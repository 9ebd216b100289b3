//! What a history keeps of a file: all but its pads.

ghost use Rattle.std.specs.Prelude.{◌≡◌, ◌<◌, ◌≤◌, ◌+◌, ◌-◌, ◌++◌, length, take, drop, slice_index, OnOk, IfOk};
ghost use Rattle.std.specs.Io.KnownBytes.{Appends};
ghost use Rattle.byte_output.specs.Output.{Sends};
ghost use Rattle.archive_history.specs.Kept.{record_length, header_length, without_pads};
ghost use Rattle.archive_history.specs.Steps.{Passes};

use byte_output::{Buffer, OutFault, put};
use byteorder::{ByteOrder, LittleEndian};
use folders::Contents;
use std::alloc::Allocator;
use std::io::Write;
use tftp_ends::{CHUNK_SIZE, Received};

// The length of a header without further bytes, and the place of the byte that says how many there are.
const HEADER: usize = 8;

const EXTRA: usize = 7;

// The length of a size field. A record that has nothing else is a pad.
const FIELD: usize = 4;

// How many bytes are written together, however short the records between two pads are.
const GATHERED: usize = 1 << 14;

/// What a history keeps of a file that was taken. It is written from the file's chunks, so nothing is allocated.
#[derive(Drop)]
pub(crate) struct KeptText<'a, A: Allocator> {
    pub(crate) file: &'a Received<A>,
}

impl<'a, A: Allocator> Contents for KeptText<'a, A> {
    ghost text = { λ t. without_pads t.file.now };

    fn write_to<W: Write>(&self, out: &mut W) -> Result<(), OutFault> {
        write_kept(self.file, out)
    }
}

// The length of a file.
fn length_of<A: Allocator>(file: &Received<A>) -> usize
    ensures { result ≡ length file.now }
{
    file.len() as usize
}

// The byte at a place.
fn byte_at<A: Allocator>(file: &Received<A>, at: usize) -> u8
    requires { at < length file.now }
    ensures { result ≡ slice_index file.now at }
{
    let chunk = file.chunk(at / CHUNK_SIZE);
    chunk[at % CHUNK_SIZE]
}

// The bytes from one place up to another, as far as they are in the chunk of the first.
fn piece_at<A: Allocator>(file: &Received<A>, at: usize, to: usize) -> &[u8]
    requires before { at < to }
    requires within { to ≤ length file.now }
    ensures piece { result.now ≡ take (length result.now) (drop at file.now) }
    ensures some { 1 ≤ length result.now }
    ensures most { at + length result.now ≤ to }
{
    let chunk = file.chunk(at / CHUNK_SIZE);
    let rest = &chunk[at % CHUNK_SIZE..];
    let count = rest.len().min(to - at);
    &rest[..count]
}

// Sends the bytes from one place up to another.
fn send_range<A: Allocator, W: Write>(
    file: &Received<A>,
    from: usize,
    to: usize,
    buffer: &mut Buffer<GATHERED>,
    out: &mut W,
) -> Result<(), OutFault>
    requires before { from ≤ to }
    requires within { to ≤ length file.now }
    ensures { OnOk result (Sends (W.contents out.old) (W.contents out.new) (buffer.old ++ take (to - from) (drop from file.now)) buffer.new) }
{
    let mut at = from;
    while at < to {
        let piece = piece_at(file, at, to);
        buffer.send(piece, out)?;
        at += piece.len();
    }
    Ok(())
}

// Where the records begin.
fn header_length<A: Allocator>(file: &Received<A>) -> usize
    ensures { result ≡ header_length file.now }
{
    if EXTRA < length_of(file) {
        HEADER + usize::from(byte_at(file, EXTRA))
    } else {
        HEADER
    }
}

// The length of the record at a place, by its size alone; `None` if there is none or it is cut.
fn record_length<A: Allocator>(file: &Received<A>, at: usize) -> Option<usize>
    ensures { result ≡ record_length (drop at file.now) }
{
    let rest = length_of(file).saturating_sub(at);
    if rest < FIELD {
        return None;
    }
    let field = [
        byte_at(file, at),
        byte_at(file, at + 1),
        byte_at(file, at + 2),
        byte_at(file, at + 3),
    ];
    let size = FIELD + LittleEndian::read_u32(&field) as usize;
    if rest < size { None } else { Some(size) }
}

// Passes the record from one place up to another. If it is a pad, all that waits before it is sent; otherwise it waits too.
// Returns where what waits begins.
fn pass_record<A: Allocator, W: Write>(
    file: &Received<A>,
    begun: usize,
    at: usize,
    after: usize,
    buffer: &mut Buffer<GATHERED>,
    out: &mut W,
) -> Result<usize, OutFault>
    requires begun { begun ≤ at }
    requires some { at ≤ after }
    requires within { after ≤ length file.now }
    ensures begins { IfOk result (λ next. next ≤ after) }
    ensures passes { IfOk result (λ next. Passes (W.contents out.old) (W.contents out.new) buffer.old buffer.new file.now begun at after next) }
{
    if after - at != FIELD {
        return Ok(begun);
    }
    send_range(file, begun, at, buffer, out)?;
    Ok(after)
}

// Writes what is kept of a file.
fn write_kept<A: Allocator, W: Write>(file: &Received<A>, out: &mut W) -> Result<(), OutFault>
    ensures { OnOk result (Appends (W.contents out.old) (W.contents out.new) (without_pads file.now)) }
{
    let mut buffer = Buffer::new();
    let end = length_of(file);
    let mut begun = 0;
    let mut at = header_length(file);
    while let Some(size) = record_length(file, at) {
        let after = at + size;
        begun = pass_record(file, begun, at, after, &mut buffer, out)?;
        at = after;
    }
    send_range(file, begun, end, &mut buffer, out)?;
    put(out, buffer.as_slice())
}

***

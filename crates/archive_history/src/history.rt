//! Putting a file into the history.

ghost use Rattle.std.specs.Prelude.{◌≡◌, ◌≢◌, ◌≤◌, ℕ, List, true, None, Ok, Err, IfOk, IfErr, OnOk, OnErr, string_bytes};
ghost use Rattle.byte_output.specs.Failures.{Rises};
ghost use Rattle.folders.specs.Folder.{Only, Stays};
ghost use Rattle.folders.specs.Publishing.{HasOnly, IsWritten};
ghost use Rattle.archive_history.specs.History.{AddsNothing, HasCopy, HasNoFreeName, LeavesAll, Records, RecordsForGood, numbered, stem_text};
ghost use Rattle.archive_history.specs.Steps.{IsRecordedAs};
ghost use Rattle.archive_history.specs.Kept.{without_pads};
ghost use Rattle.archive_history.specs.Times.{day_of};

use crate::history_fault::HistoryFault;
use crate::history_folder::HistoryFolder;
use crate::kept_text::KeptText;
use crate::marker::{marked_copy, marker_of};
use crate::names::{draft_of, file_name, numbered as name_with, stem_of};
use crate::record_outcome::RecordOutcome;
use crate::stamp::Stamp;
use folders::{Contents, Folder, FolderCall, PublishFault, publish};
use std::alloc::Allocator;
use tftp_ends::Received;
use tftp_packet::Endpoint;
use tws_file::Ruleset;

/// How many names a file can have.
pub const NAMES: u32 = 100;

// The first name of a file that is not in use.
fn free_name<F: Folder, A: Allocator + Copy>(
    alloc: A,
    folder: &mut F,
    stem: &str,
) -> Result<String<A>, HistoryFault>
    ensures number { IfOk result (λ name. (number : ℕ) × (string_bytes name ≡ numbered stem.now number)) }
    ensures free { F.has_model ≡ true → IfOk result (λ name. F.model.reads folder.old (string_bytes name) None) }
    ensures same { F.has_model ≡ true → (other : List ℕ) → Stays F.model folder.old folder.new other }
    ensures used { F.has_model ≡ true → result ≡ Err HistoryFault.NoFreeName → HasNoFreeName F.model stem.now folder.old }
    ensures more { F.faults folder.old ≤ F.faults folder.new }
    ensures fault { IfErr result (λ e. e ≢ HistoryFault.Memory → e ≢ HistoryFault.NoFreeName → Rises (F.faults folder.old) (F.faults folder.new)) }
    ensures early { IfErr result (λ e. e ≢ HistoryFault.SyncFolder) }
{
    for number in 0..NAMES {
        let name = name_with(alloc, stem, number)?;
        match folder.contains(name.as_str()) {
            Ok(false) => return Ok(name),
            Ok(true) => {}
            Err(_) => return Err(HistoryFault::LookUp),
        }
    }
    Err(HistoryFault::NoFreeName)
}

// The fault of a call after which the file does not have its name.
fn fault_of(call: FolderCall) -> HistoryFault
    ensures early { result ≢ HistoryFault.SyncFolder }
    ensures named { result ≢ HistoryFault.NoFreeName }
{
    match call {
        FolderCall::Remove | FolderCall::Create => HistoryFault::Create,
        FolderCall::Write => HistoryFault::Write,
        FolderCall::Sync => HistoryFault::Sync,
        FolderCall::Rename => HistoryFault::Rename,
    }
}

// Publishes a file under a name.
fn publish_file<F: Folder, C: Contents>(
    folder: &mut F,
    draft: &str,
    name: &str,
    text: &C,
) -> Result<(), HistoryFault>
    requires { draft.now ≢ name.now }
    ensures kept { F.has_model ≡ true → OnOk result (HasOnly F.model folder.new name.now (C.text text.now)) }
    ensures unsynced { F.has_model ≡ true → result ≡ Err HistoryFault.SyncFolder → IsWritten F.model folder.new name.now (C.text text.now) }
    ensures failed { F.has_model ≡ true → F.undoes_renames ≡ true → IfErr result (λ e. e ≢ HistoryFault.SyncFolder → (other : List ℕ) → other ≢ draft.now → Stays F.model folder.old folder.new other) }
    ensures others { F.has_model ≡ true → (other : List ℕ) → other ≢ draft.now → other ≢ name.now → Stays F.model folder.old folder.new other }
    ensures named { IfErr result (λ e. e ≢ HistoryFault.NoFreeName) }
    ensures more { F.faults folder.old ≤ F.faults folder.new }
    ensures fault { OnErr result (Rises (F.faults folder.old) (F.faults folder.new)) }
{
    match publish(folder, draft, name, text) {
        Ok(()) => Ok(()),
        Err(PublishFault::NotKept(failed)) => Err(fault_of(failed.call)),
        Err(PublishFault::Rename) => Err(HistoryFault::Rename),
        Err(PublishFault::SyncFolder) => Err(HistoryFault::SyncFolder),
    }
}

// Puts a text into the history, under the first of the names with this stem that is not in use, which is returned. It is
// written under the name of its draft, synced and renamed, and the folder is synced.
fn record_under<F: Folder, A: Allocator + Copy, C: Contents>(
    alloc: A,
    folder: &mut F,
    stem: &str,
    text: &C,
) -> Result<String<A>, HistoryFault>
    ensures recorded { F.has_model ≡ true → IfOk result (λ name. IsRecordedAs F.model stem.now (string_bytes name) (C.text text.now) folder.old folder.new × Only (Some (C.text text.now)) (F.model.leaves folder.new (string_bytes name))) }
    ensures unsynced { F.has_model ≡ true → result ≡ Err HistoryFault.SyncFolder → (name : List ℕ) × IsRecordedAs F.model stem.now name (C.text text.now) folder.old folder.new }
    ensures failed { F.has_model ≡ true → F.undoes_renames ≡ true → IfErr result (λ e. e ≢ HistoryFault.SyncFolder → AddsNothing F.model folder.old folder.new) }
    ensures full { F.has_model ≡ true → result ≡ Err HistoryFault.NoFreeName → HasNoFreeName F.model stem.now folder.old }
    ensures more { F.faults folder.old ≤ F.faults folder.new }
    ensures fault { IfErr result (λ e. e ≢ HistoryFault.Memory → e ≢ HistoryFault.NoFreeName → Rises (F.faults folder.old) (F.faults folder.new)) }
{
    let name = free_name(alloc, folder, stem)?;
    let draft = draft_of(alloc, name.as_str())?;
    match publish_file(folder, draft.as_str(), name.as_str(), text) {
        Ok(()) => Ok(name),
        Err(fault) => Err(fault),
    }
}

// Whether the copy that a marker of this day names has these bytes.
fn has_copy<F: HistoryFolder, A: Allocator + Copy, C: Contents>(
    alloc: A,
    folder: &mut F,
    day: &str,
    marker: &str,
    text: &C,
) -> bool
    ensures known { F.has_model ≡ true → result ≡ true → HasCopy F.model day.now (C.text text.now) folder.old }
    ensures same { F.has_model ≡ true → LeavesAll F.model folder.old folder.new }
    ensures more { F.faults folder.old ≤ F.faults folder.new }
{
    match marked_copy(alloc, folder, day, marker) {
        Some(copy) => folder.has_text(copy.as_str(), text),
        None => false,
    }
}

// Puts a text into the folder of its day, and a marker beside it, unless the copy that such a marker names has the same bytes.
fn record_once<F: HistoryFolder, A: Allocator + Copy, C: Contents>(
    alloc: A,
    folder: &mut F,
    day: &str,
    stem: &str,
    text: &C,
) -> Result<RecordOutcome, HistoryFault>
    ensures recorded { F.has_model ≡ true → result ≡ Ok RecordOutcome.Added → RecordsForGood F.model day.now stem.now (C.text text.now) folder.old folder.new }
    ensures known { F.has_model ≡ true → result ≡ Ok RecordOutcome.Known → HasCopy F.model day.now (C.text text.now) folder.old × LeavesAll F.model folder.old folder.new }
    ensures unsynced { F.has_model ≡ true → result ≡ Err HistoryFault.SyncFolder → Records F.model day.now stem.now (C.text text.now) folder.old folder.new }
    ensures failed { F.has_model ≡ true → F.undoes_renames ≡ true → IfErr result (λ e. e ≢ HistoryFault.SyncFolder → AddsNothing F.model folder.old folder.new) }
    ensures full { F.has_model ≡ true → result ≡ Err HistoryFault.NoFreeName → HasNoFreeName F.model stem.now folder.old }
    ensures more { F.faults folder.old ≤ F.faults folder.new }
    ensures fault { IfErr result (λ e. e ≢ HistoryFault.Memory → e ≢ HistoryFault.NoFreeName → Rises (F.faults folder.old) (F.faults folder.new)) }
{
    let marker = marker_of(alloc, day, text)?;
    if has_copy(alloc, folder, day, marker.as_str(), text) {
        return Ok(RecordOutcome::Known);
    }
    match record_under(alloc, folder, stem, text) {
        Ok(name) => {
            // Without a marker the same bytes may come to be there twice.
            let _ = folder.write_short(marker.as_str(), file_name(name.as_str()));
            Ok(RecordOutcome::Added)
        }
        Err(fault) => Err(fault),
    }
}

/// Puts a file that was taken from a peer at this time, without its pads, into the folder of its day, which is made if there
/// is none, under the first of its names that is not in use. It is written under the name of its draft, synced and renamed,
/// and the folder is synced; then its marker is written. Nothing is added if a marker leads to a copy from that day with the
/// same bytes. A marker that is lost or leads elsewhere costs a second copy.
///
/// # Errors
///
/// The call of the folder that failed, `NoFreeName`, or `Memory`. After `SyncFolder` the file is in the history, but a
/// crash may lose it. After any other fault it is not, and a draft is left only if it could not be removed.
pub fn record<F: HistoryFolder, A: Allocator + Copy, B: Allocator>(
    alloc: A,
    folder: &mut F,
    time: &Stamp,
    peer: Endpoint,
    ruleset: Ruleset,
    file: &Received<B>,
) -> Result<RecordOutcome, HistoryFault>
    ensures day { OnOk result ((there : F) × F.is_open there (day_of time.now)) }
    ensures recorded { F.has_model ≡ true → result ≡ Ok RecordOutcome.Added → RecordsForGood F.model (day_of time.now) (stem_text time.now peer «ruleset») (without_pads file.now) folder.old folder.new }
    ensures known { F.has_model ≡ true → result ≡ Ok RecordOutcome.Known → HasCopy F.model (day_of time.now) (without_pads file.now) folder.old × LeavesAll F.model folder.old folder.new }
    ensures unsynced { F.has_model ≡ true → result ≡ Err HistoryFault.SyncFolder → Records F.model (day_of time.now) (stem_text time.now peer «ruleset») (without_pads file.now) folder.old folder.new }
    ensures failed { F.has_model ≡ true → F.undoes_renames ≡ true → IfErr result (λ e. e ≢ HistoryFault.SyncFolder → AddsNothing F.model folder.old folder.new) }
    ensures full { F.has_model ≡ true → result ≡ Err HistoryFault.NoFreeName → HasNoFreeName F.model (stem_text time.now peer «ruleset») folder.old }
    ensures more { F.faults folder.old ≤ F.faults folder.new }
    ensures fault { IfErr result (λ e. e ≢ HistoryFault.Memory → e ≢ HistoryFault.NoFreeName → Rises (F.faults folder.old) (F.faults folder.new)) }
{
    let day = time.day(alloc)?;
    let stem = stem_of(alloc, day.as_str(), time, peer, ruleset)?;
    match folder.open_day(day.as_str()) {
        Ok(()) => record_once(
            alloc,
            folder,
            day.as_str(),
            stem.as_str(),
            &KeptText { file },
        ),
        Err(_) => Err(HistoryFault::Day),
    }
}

***

WHAT IS BEING ASKED → When a line above includes the word "RecordsForGood", please list that line.

PROBLEM SOLUTION →
ghost use Rattle.archive_history.specs.History.{AddsNothing, HasCopy, HasNoFreeName, LeavesAll, Records, RecordsForGood, numbered, stem_text};
    ensures recorded { F.has_model ≡ true → result ≡ Ok RecordOutcome.Added → RecordsForGood F.model day.now stem.now (C.text text.now) folder.old folder.new }
    ensures recorded { F.has_model ≡ true → result ≡ Ok RecordOutcome.Added → RecordsForGood F.model (day_of time.now) (stem_text time.now peer «ruleset») (without_pads file.now) folder.old folder.new }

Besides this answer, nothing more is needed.